Старший сын его, семилетний Федюшка, смотрел в такие минуты на отца с ужасом и, ощущая бессильность свою, сжимал до ломоты зубы, чтоб не разрыдаться в голос.
В иную же пору хворь отпускала, и отец поворачивал к Федюшке посветлевшее лицо и хитро подмигивал.
— Ничего, Федор Григорьич, ничего. Мы еще с тобой поживем. Еще не всю рыбку в Волге изловили, порыбалим ужо… Только матери лишнего не болтай, пущай мальцом занимается.
В семье Волковых, кроме братанов мал мала меньше Федора, Алексея, Гаврилы да Ивана, появился на Фоминой неделе на свет божий еще один, которого нарекли в честь отца тоже Григорием. Двух месяцев не исполнилось малому, и очень уж опасался купец, чтоб беспамятством своим, а то и смертью не напугать Матрену Яковлевну. Потому и отослал ее подальше от себя, а за досмотром Федюшку просил оставить. К тому же старшой — грамотей, а уж очень любил Григорий Иванович слушать, как ладно, неторопливо, по-волжски напевно читает сын слова, будто нижет на гладкую шелковую нитку матовый жемчуг. Сам-то хоть и прожил жизнь в купеческом сословии, грамоту за недосугом так и не одолел. Федюшку же с Алешкой за немалую мзду грамоте обучил дьячок местного прихода.
Сегодня Григория Ивановича отпустило. Федюшка раздвинул розовые канифасовые занавески, настежь открыл окно, и в комнате повеселело от яркого июньского солнца, птичьего щебетанья и глухого, неясного торгового шума — Кострома праздновала Петров день.
— Эх, — сокрушался купец, — по базару бы побродить!.. Товару небо-ось!.. Ну да бог с ним, видать, оттоварился. Давай, Федор Григорьич, про зерцало.
Книжицу «Юности честное зерцало» Григорий Иванович купил незадолго до болезни у ярославского офени за полтину и не прогадал — знатная книжица оказалась.

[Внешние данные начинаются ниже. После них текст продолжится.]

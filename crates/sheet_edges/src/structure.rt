// Faults of the structure: the length, the version, records cut short; how many segments are counted off.
ghost use Rattle.std.specs.Prelude.{◌≤◌};

use crate::sheets::{each, edited, extended, one_channel, part, six_channels};
use std::io;

pub(crate) fn heads(rt: &impl Print) -> io::Result<()> {
    edited(rt, "good", &[])?;
    one_channel(rt, "one channel", &[])?;
    six_channels(rt, "six channels", &[])?;
    edited(rt, "length one less", &[(1, 69)])?;
    edited(rt, "length one more", &[(1, 71)])?;
    edited(rt, "length 256 more", &[(0, 1)])?;
    each(rt, "version", 2, &[0, 1, 2, 255])
}

// The first 2 + n bytes, with the length as it was and with one that matches.
fn cut(rt: &impl Print, n: u8) -> io::Result<()>
    requires { n ≤ 78 }
{
    let size = 2 + usize::from(n);
    print!(rt; "cut after {size}")?;
    part(rt, ", length as it was", &[], size)?;
    print!(rt; "cut after {size}")?;
    part(rt, ", length to match", &[(1, n)], size)
}

pub(crate) fn cuts(rt: &impl Print) -> io::Result<()> {
    part(rt, "no byte", &[], 0)?;
    part(rt, "one byte", &[], 1)?;
    for n in 0..71 {
        cut(rt, n)?;
    }
    Ok(())
}

// The segments of one channel are counted off as nseg is written.
pub(crate) fn segment_counts(rt: &impl Print) -> io::Result<()> {
    extended(rt, "nseg 0", 0, 21, 0, 23)?;
    extended(rt, "nseg 0, a byte more", 0, 22, 0, 24)?;
    extended(rt, "nseg 1, no segment", 0, 21, 1, 23)?;
    extended(rt, "nseg 8", 0, 45, 8, 47)?;
    extended(rt, "nseg 8, a byte less", 0, 44, 8, 46)?;
    extended(rt, "nseg 8, a byte more", 0, 46, 8, 48)?;
    extended(rt, "nseg 9", 0, 48, 9, 50)?;
    extended(rt, "nseg 9, bytes of 8", 0, 45, 9, 47)?;
    extended(rt, "nseg 255", 3, 18, 255, 788)?;
    extended(rt, "nseg 255, a byte less", 3, 17, 255, 787)
}

// The length says at most 65,535, so that a sheet has at most 65,537 bytes.
pub(crate) fn long_sheets(rt: &impl Print) -> io::Result<()> {
    extended(rt, "65536 bytes", 255, 255, 3, 65536)?;
    extended(rt, "65537 bytes, last record cut short", 255, 255, 0, 65537)?;
    extended(rt, "65537 bytes, whole records", 255, 255, 3, 65537)?;
    extended(rt, "65538 bytes", 255, 255, 3, 65538)?;
    extended(rt, "65548 bytes, whole records", 255, 255, 3, 65548)?;
    extended(rt, "65548 bytes, length of 12", 0, 10, 3, 65548)
}

// The structure is looked at before any range.
pub(crate) fn two_faults(rt: &impl Print) -> io::Result<()> {
    edited(rt, "fscod 3, end 38", &[(3, 3), (13, 38)])?;
    edited(rt, "version 2, fscod 3", &[(2, 2), (3, 3)])?;
    edited(rt, "version 2, end 38", &[(2, 2), (13, 38)])?;
    edited(rt, "length one more, fscod 3", &[(1, 71), (3, 3)])?;
    edited(rt, "record cut short, fscod 3", &[(71, 1), (3, 3)])?;
    edited(rt, "record cut short, channel 1 twice", &[(71, 1), (12, 1)])?;
    edited(rt, "nseg 255 of the LFE, end 38", &[(71, 255), (13, 38)])?;
    edited(rt, "version 2, channel 1 twice", &[(2, 2), (12, 1)])
}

Федюшка придвинулся ближе к отцу, разгладил на коленях книжку, улыбнулся, предвкушая удовольствие.
— С начала, что ли?
— Давай с начала. Это, чтоб ты помнил, вроде «Отче наш». А потом уж валяй посмешней.
Федюшка пригладил свои каштановые кудри, спадающие на глаза, и стал читать:
— «В-первых, наипаче всего должни дети отца и матерь в великой чести содержать. И когда от родителей что им приказано бывает, всегда шляпу в руках держать, а пред ними не вздевать, и возле их не садитися, и прежде оных не заседать, при них во окно всем телом не выглядывать, но все потаенным образом с великим почтением не с ними в ряд, но немного уступя позади оных в стороне стоять, подобно яко паж некоторый или слуга…»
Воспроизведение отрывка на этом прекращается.